# Country with the best beer



## bill5 (Aug 19, 2011)

Keeping in mind all their beers (obviously we don't know them all but hopefully people voting have a good idea of at least most of the better-known ones) ie if a country produces 100 great beers but 1000 bad ones, they lose to one who produces 10 great beers and only 1 bad one, etc.


----------



## percysunshine (Aug 19, 2011)

Micro-brews are the best. So I guess I am sort of screwing up the thread. My apologies.


----------



## bill5 (Aug 19, 2011)

ha - not at all, feel free to chime in.  Just don't screw up the voting.  

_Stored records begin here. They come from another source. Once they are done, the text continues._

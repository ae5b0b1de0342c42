//! The XML of JUnit: a test case for each log.

use crate::xml_text::push_text;
use cli_options::sentence;
use explain_lines::name_of;
use hsms_log::Why;
use std::alloc::AllocError;

/// The number of test cases that are written, of failures among them, and of errors.
#[derive(Clone, Copy)]
pub struct CaseCounts {
    pub tests: u64,
    pub failures: u64,
    pub errors: u64,
}

impl CaseCounts {
    /// Appends what precedes the test cases.
    pub fn push_start(self, xml: &mut String) -> Result<(), AllocError> {
        let CaseCounts {
            tests,
            failures,
            errors,
        } = self;
        xml.push_str("<?xml version=\"1.0\" encoding=\"UTF-8\"?>\n<testsuites>\n")?;
        write!(
            xml,
            "<testsuite name=\"hsms audit\" tests=\"{tests}\" failures=\"{failures}\" errors=\"{errors}\">\n"
        )
    }
}

/// What follows the test cases.
pub const END: &str = "</testsuite>\n</testsuites>\n";

/// Appends the test case of a log that passes.
pub fn push_pass(xml: &mut String, name: &str) -> Result<(), AllocError> {
    push_name(xml, name)?;
    xml.push_str("\"/>\n")
}

// The maximum number of characters of an explanation.
const LONGEST: usize = 16_384;

/// Appends the test case of a log that fails: the line, the rule, its text, and how the failure is explained. Of a long
/// explanation the first 16,384 characters are appended, and `..` in a line of its own.
pub fn push_failure(
    xml: &mut String,
    name: &str,
    line: u64,
    why: Why,
    explained: &str,
) -> Result<(), AllocError> {
    push_name(xml, name)?;
    let rule = name_of(why);
    write!(xml, "\"><failure type=\"{rule}\" message=\"line {line}: ")?;
    push_text(xml, reason(why))?;
    xml.push_str("\">\n")?;
    match explained.char_indices().nth(LONGEST) {
        Some((end, _)) => {
            push_text(xml, explained.get(..end).unwrap_or(explained))?;
            xml.push_str("\n..\n")?;
        }
        None => push_text(xml, explained)?,
    }
    xml.push_str("</failure></testcase>\n")
}

/// Appends the test case of a file that cannot be opened.
pub fn push_unopened(xml: &mut String, name: &str) -> Result<(), AllocError> {
    push_name(xml, name)?;
    xml.push_str("\"><error type=\"Open\" message=\"the file cannot be opened\"/></testcase>\n")
}

// Appends the start of a test case, up to its name.
fn push_name(xml: &mut String, name: &str) -> Result<(), AllocError> {
    xml.push_str("<testcase classname=\"hsms.audit\" name=\"")?;
    push_text(xml, name)
}

fn reason(why: Why) -> &'static str {
    match why {
        Why::Unreadable => "this line is unreadable",
        Why::Broken(rule) => sentence(rule),
    }
}
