//! A line of `hsms capture` as a JSON object (RFC 8259) in one line.

use serde_json::Value;
use std::alloc::{AllocError, Global};

/// Returns the object of a line without its line feed: of a verdict, or of a comment.
pub fn capture_object(alloc: Global, line: &str) -> Result<String, AllocError> {
    let mut object = String::from_str(alloc, "{")?;
    match line.strip_prefix("# ") {
        Some(comment) => push_comment(alloc, &mut object, comment)?,
        None => push_verdict(&mut object, line)?,
    }
    object.push_str("}\n")?;
    Ok(object)
}

// Appends the members of a verdict: the addresses of a connection, the role and link of an end, and what its log shows.
fn push_verdict(object: &mut String, line: &str) -> Result<(), AllocError> {
    let (front, shown) = line.split_once(": ").unwrap_or((line, ""));
    object.push_str("\"type\":\"end\"")?;
    for (name, word) in ["active", "passive", "role", "link"]
        .iter()
        .zip(front.split(' '))
    {
        match word.rsplit_once(':') {
            Some((address, port)) => push_address(object, name, address, port)?,
            None => push_text(object, name, word)?,
        }
    }
    push_shown(object, shown)
}

// Appends an address without its brackets, and a port.
fn push_address(
    object: &mut String,
    name: &str,
    address: &str,
    port: &str,
) -> Result<(), AllocError> {
    let address = address.trim_start_matches('[').trim_end_matches(']');
    write!(
        object,
        ",\"{name}\":{{\"address\":\"{address}\",\"port\":{port}}}"
    )
}

// Appends what the log of an end shows: the packet of what is missing, and the verdict with its numbers.
fn push_shown(object: &mut String, shown: &str) -> Result<(), AllocError> {
    let mut is_incomplete = false;
    let mut is_judged = false;
    for word in shown.split(' ') {
        match word.split_once('=') {
            Some((_, packet)) if is_incomplete => {
                push_number(object, "incomplete", packet)?;
                is_incomplete = false;
            }
            Some(("rule", rule)) => push_text(object, "rule", rule)?,
            Some((name, number)) => push_number(object, name, number)?,
            None if word == "incomplete" => is_incomplete = true,
            None if word == "unreadable" => push_text(object, "rule", word)?,
            None => {
                push_text(object, "verdict", word)?;
                is_judged = true;
            }
        }
    }
    if is_judged {
        return Ok(());
    }
    push_text(object, "verdict", "none")
}

// Appends the members of a comment: with which packet a file begins, what was skipped, or what was not judged.
fn push_comment(alloc: Global, object: &mut String, comment: &str) -> Result<(), AllocError> {
    if let Some((front, name)) = comment.split_once(": ") {
        if let Some(packet) = front.strip_prefix("from packet ") {
            object.push_str("\"type\":\"file\"")?;
            push_number(object, "packet", packet)?;
            return push_quoted(alloc, object, "file", name);
        }
        if let Some((packets, _)) = front.split_once(" packet") {
            object.push_str("\"type\":\"skipped\"")?;
            push_number(object, "packets", packets)?;
            return push_counts(object, name);
        }
        object.push_str("\"type\":\"unjudged\"")?;
        return push_quoted(alloc, object, "text", name);
    }
    object.push_str("\"type\":\"comment\"")?;
    push_quoted(alloc, object, "text", comment)
}

// Appends how many packets were skipped for each reason.
fn push_counts(object: &mut String, counts: &str) -> Result<(), AllocError> {
    for count in counts.split(", ") {
        if let Some((reason, number)) = count.split_once(' ') {
            push_number(object, reason, number)?;
        }
    }
    Ok(())
}

fn push_number(object: &mut String, name: &str, number: &str) -> Result<(), AllocError> {
    write!(object, ",\"{name}\":{number}")
}

fn push_text(object: &mut String, name: &str, text: &str) -> Result<(), AllocError> {
    write!(object, ",\"{name}\":\"{text}\"")
}

// Appends a text that may have quotation marks and other markup.
fn push_quoted(
    alloc: Global,
    object: &mut String,
    name: &str,
    text: &str,
) -> Result<(), AllocError> {
    let text = Value::String(String::from_str(alloc, text)?).to_string(alloc)?;
    write!(object, ",\"{name}\":{text}")
}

IMO microbrews are overrated because a lot of people think like you do ie if it's "microbrew" it's great.  phooey.  Plenty of crap microbrews out there IMO.


----------



## Baruch Menachem (Aug 19, 2011)

In England, US beer is known as "making love in a canoe."








(translation: Fucking close to water)


----------



## percysunshine (Aug 19, 2011)

When I was living in SE Asia, the weirdest thing happened. I was enjoying Dutch, Brit, Belgian, and Aussie beer from the local dispensary. (Muslim country, expats get beer) So, the very first time American 'Budweiser' shows up in the dispensary, it sells out! The goofy European expats think it is fasionable to drink American branded beer. They loved it...go figure.


----------



## asterism (Aug 19, 2011)

Belgium


----------



## bill5 (Aug 20, 2011)

Baruch Menachem said:


> In England, US beer is known as "making love in a canoe."
> 
> 
> 
> ...


  Only by ignorant fools or people who just time-warped in from 1970.  America is one hell of a lot more than that Bud and Miller swill and much of it is darker and heavier than most English beer.






percysunshine said:


> When I was living in SE Asia, the weirdest thing happened. I was enjoying Dutch, Brit, Belgian, and Aussie beer from the local dispensary. (Muslim country, expats get beer) So, the very first time American 'Budweiser' shows up in the dispensary, it sells out! The goofy European expats think it is fasionable to drink American branded beer. They loved it...go figure.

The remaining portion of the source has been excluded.